[Start of Attachment]

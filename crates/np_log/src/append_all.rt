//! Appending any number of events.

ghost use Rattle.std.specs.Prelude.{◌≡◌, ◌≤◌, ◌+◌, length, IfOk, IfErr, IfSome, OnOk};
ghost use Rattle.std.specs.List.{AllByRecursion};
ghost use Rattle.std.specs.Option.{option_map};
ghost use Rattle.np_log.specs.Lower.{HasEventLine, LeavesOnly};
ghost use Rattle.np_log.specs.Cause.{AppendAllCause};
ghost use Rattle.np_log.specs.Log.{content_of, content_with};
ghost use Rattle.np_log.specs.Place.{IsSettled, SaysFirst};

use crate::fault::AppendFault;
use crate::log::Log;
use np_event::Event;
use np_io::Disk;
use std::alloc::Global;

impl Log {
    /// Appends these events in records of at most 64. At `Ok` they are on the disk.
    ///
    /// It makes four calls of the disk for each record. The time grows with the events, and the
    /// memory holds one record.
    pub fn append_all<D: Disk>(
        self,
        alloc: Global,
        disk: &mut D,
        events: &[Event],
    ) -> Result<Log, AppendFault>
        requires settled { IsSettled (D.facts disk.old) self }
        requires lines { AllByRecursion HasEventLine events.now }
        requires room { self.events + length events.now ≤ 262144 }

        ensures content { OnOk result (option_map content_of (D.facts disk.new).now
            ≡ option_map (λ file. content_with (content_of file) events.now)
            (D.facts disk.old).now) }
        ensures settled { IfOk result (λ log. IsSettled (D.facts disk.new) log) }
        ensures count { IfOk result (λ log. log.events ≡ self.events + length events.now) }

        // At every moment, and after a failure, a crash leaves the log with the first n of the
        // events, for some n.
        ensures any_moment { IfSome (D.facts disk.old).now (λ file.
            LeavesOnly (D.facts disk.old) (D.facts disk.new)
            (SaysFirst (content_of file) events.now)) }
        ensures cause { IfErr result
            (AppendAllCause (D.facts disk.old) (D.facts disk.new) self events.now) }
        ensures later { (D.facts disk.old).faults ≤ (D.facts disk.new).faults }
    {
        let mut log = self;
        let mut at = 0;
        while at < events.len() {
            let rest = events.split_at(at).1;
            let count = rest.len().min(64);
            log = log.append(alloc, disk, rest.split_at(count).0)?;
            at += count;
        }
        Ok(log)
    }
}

[End of Attachment]
[Start of Attachment]

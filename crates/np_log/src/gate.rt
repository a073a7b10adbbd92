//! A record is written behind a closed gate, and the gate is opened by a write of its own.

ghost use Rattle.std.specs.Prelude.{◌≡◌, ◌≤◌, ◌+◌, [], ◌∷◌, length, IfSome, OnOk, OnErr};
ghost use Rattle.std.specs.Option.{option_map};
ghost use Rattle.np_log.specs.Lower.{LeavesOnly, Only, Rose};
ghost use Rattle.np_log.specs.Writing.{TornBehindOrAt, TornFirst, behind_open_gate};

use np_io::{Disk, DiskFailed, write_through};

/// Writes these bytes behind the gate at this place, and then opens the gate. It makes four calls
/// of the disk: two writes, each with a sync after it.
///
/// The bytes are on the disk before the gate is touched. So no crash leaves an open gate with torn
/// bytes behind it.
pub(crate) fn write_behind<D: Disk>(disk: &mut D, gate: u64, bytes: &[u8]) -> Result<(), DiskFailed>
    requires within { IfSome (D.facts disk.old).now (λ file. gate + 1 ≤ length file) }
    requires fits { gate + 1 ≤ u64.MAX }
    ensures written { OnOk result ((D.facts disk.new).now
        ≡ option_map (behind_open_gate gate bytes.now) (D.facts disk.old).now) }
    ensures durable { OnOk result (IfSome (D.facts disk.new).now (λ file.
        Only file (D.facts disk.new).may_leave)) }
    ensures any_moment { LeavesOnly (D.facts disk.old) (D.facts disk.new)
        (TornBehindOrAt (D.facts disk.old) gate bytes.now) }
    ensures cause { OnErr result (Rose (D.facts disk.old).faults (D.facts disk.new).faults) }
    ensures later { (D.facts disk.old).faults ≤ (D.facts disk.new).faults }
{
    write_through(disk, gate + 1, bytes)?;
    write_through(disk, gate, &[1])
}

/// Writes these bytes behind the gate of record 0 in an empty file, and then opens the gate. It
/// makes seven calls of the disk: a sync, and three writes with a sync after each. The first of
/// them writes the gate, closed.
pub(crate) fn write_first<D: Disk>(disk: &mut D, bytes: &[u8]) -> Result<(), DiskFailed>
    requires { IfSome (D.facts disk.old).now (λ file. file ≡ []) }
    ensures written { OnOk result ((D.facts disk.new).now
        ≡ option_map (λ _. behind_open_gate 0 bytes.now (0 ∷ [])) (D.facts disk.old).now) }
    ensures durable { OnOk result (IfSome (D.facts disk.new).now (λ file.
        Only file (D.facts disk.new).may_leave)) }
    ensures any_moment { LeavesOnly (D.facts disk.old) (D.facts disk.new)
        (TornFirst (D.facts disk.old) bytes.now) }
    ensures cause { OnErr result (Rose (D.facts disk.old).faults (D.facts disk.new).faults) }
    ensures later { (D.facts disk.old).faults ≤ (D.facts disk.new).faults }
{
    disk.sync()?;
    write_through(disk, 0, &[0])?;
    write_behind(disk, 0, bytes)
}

[End of Attachment]
[Start of Attachment]

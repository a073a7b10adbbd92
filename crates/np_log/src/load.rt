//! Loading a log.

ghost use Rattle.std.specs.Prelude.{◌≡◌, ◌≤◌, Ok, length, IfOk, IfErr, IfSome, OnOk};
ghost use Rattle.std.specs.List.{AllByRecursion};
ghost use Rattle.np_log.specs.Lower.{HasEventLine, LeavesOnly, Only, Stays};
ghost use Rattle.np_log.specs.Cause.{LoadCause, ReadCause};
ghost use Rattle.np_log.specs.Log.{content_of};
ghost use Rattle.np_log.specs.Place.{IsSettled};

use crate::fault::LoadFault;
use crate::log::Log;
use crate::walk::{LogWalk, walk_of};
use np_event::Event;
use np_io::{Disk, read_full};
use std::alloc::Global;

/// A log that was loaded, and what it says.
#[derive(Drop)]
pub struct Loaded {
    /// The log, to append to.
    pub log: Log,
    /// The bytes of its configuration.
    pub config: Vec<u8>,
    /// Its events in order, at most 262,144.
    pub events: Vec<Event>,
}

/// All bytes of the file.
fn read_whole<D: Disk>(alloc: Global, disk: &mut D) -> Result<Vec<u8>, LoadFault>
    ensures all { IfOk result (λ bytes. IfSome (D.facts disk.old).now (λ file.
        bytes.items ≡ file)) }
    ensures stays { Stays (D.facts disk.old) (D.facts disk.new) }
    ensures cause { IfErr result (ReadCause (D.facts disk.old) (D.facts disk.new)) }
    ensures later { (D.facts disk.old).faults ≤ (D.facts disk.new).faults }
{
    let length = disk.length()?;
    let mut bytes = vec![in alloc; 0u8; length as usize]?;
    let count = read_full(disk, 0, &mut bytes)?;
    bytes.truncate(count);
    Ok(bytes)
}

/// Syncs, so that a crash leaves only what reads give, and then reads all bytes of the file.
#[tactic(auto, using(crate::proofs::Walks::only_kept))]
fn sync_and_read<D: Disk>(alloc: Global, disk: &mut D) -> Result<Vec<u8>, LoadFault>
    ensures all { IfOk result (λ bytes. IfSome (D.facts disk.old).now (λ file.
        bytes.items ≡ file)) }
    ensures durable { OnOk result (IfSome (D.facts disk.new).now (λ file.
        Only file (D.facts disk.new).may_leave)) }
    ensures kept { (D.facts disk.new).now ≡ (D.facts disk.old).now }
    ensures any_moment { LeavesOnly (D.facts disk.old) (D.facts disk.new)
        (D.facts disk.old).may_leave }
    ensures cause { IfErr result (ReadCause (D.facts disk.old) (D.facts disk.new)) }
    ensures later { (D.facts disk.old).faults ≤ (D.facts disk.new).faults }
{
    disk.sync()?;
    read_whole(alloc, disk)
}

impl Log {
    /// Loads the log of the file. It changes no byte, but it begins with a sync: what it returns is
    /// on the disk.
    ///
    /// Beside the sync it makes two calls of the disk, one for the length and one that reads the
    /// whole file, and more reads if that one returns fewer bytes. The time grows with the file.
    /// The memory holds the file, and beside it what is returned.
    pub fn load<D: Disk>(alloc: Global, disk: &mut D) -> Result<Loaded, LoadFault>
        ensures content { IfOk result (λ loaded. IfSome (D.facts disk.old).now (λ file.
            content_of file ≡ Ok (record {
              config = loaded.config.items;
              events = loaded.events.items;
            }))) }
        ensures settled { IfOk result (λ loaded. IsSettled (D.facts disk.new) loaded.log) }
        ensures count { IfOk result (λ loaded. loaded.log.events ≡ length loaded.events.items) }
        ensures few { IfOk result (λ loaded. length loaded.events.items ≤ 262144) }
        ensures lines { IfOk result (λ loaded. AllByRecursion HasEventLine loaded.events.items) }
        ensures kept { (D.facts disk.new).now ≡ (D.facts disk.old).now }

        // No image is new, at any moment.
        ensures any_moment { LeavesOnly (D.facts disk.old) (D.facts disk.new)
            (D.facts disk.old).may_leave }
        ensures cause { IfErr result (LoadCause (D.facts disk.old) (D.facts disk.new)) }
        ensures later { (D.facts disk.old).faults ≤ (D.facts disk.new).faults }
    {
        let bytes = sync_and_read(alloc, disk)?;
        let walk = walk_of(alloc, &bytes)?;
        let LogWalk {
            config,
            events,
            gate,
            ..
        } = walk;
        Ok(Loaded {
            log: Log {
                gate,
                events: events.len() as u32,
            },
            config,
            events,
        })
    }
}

[End of Attachment]

_THE PROBLEM_
In the records above, find every line containing the word "after" and show it.

_RESPONSE TO THE EXERCISE_
        // At every moment, and after a failure, a crash leaves the log with the first n of the
/// of the disk: two writes, each with a sync after it.
/// makes seven calls of the disk: a sync, and three writes with a sync after each. The first of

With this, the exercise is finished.